Read & write amplification
- RA counts the number of disk reads to perform a query. It is defined separately for point query and range queries
- Flash-based storage can be written to only a finite number of times, so write amplification will decrease the flash lifetime
- LSM with level-based compaction has better write amplification than B-tree
How TiKV uses RocksDB
- All data in a TiKV node shares two RocksDB instances. One is for data, and the other is for Raft log.
- The default RocksDB instance stores KV data in the default, write and lock CFs
- raft logs are stored as region_id/log_id -> value
- data is stored as key + bit inverted ts -> value. TS is inverted, so that highest bit will be the first item
- Tikv uses prefix bloom filter, i.e., it predicts on the prefix instead of the whole key
- Use TableProperties in Split Check, MVCC GC, and compact region range
- When adding a replica to a new server, generates a SST snapshot and sends to the new server directly
- Disk space will be released only when tombstones have been compacted
On LSM tree
Motivations
- More writes than reads, but still need to keep an index for retrival, e.g., histroy tables, logs, and other time-series data
- The original paper focuses on the hardware cost LSM brings, and claims it is much better than B-tree. The root cause is the lower disk arm cost
Overview
- Mutliple level of trees, for the simplicity, we assume 2 levels: c0 and c1
- c0 is a small, in memory, AVL tree. Implmentation wise, it is the MemTable backed by WAL, which stores keys sorted
- c1 is an on disk B tree, but its hot node’s pages are most likely in memory
- In practice,the LSM tree typically consists of multiple levels, each representing a sorted run of data.
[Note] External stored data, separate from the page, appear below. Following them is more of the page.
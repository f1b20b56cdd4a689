ghost use Rattle.std.specs.Prelude.{ℕ, ◌≡◌, ◌<◌, ◌+◌, ◌^◌, ◌++◌, length, take, IfOk, OnOk, OnErr};
ghost use Rattle.plan_model.specs.declared.terms.Term.TheVariants.{Var};
ghost use Rattle.order_encoder.specs.NamedOrders as of;
ghost use Rattle.order_encoder.specs.NamedOrders.{clears, Clears};

use crate::order_names::OrderNames;
use crate::pairs::{any_slot_params, before};
use htn_base::{Boxed, List, Memory};
use plan_model::{Effect, Style, Term};
use std::alloc::Global;

/// The effect that deletes all pairs that leave the slot of `h`. Variables and styles are those of `waiting`.
pub fn clearing(
    alloc: Global,
    n: &OrderNames,
    slots: u32,
    style: &Style,
    h: Term,
    depth: u32,
) -> Result<Effect, Memory>
    requires slots { n.now.first_slot + slots < 2 ^ 32 }
    ensures effect { IfOk result (λ e. e ≡ of.clearing n.now slots depth style.now h) }
    ensures means { (i : ℕ) → h ≡ Var i → i < depth → IfOk result (Clears n.now slots depth i) }
{
    match style {
        Style::Adl => clear_all(alloc, n, h, depth),
        Style::Flat => {
            let mut parts = List::new(alloc);
            push_clearing(alloc, n, slots, style, h, depth, &mut parts)?;
            Ok(Effect::And(parts))
        }
    }
}

/// Puts the parts of this effect at the end: one in style adl, one a slot in style flat. After `Memory` what was there stands in
/// front of some of them.
pub fn push_clearing(
    alloc: Global,
    n: &OrderNames,
    slots: u32,
    style: &Style,
    h: Term,
    depth: u32,
    into: &mut List<Effect>,
) -> Result<(), Memory>
    requires slots { n.now.first_slot + slots < 2 ^ 32 }
    ensures parts { OnOk result (into.new ≡ into.old ++ clears n.now slots depth style.now h) }
    ensures in_front { OnErr result (take (length into.old) into.new ≡ into.old) }
{
    match style {
        Style::Adl => into.put(clear_all(alloc, n, h, depth)),
        Style::Flat => {
            for k in 0..slots {
                into.put(clear_one(alloc, n, h, Term::Obj(n.first_slot + k)))?;
            }
            Ok(())
        }
    }
}

fn clear_all(alloc: Global, n: &OrderNames, h: Term, depth: u32) -> Result<Effect, Memory>
    ensures { IfOk result (λ e. e ≡ of.clear_all n.now depth h) }
{
    let part = Boxed::new(alloc, clear_one(alloc, n, h, Term::Var(depth))?)?;
    Ok(Effect::Forall(any_slot_params(alloc, n)?, part))
}

/// The slot of `h` comes before that of `then` no more.
fn clear_one(alloc: Global, n: &OrderNames, h: Term, then: Term) -> Result<Effect, Memory>
    ensures { IfOk result (λ e. e ≡ of.one_clear n.now h then) }
{
    Ok(Effect::Delete(before(alloc, n, h, then)?))
}
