//! Texts that are refused, by both commands with the same line.
use super::rows::{CUT_DOMAIN, CUTS, REFUSED, Refused};
use super::texts::PROBLEM;
use super::{BOUND, Before, Row, Source, TRANSLATE, UNWRITTEN, replay};
use htn_base::Memory;
use htn_cli::Status;
use std::alloc::Global;
use std::process::Abort;

fn refuses(rt: &impl Abort, alloc: Global, row: &Refused) {
    refuses_by(rt, alloc, row, TRANSLATE);
    refuses_by(rt, alloc, row, BOUND);
}

fn refuses_by(rt: &impl Abort, alloc: Global, row: &Refused, command: &'static [&'static str]) {
    replay(
        rt,
        alloc,
        &Row {
            before: Before::Both(row.domain, row.problem),
            command,
            options: &[],
            more: &[],
            status: row.status,
            out: "",
            err: row.line,
            held: UNWRITTEN,
        },
    );
}

#[test]
fn texts_that_are_refused(rt: HostRuntime) {
    for row in REFUSED {
        refuses(&rt, rt.alloc(), row);
    }
}

fn refuses_cut(rt: &impl Abort, alloc: Global, length: usize, line: &'static str) {
    refuses(
        rt,
        alloc,
        &Refused {
            domain: Source::Cut(CUT_DOMAIN, length),
            problem: Source::Text(PROBLEM),
            status: Status::TextFault,
            line,
        },
    );
}

#[test]
fn texts_that_are_cut(rt: HostRuntime) {
    for cut in CUTS {
        for length in cut.first..=cut.last {
            refuses_cut(&rt, rt.alloc(), length, cut.line);
        }
    }
}

/// The smallest domain with the types `t1000` to `t` and this number; the first stands at byte 27, and each takes six bytes.
pub(super) fn types(text: &mut String, alloc: Global, last: u32) -> Result<(), Memory> {
    text.push_str("(define (domain d) (:types")?;
    for number in 1000..=last {
        text.push_str(&format!(in alloc; " t{number}")?)?;
    }
    Ok(text.push_str(
        ") (:task t :parameters ()) (:method m :parameters () :task (t) :subtasks (a)) (:action a :parameters ()))",
    )?)
}

/// So many tasks: the first has a method to two actions, each other one to two of the one before.
pub(super) fn powers(text: &mut String, alloc: Global, count: u32) -> Result<(), Memory> {
    text.push_str("(define (domain d) (:action t0 :parameters ())")?;
    for before in 0..count {
        let task = before + 1;
        text.push_str(&format!(in alloc;
            " (:task t{task} :parameters ()) (:method m{task} :parameters () :task (t{task}) :subtasks (and (t{before}) (t{before})))"
        )?)?;
    }
    Ok(text.push_str(")")?)
}
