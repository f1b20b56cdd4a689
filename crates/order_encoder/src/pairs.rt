ghost use Rattle.std.specs.Prelude.{◌≡◌, IfOk};
ghost use Rattle.order_encoder.specs.NamedOrders as of;

use crate::order_names::OrderNames;
use htn_base::{List, Memory};
use plan_model::{Atom, Param, Term};
use std::alloc::Global;

/// The atom that what is at slot `first` comes before what is at slot `then`.
pub(crate) fn before(alloc: Global, n: &OrderNames, first: Term, then: Term) -> Result<Atom, Memory>
    ensures { IfOk result (λ atom. atom ≡ of.pair n.now first then) }
{
    let mut args = List::new(alloc);
    args.push(first)?;
    args.push(then)?;
    Ok(Atom {
        predicate: n.before,
        args,
    })
}

/// The slot that a quantifier brings.
pub(crate) fn any_slot_params(alloc: Global, n: &OrderNames) -> Result<List<Param>, Memory>
    ensures { IfOk result (λ params. params ≡ of.quantified n.now) }
{
    let mut params = List::new(alloc);
    params.push(Param {
        name: n.x,
        ty: n.slot_type,
    })?;
    Ok(params)
}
Levels closer to the top have newer and more frequently accessed data, while lower levels contain older and less frequently accessed data.
- On insertion, the new index entry goes to c0, and will be merged to c1 when c0 becomes too big
- Retrival will look at c0 and after that c1
- The design gives trade single key read for key range scan and write performance
In memory c0
- Recovery is done by reconstrution from the record logs, since c0 hosts only the most recent inserts. However, we still need to define the replay starting point carefully
- Deletion is handled as a special deletion node
- When the MemTable is too huge, convert current MemTable to an Immutable MemTable (IMT),and create a new MemTable.
On disk c1
- single page nodes on each level below the root is place together in multi-page disk blocks. Each node 100% full
- Note direct write to c1 except during the merges. So that we don’t have to read-modify-write an entire block due to the random write
- On disk data is sorted runs of data with no overlapping key ranges
- Implementation wise it is the SSTable. Again, keys are store sorted
Read
- start from lowever level SSTable and keep going deeper until we first find one.
Update
- just like insert. This means we accept that multiple versions of same key exists at different SSTables
Delete
- insert a k-del mark. The value will be truly deleted when SSTables merge
How to merge
- Idea similar to merge sort. Assuming we have a pointer ,for each tree, to the next to leaf to merge
- During the merge the indices are still available except for short locking period
- Starting from the smallest value of c0, and load the next multi-page block from c1 into memory
- Generate the new multi-page block similar to merge sort, and write them back to the right most positon of c1. Note that parent node references will be updated too, and old c1 blocks will not be recycled immediately for recovery purposes
- the merged leaves from c0 will be removed from memory
- The process repeats after the right most c0 leave is written to c1
- Merge process itself will checkpoint and flush to disks periodically
Prometheus file structure
- Every two hours’ data is in the same block. Each of block is a directory with chunks, one metadata file, and one index file
- On average each sample takes no more than 2 bytes
- Almost every section starts with a length field, and ends with a CRC32 checksum
Index file
- Symbol table: a sorted list of strings, which are used in label pairs
- Series (more below): a list of series. Each series hold the label set of the series and its chunks (more below) with blocks
- List of postings: Each posting is a list of series references that contain a given label pair
- Posting offset table: list of entries, each is a label pair to offset to its series list in the postings list section. This section is sorted
- Table of content: entry point to the entire index and points to various sections in the file.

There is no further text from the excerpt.